[[ Data under study, beginning ]]

// How the places of a vector are told.
use std::fmt;

// Places of a vector. They are told each behind a blank, and of more than nineteen only the last.
#[derive(Clone, Copy)]
pub struct Row<'a> {
    pub places: &'a [u16],
}

impl fmt::Display for Row<'_> {
    fn fmt<W: fmt::Write>(&self, f: &mut fmt::Formatter<W>) -> fmt::Result {
        let from = if self.places.len() < 20 {
            0
        } else {
            self.places.len() - 1
        };
        for n in &self.places[from..] {
            write!(f, " {n}")?;
        }
        Ok(())
    }
}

[[ Data under study, end ]]

(The problem) Search the records for lines holding the word "vector", then copy each line you find.

(Reply to the task)
// How the places of a vector are told.
// Places of a vector. They are told each behind a blank, and of more than nineteen only the last.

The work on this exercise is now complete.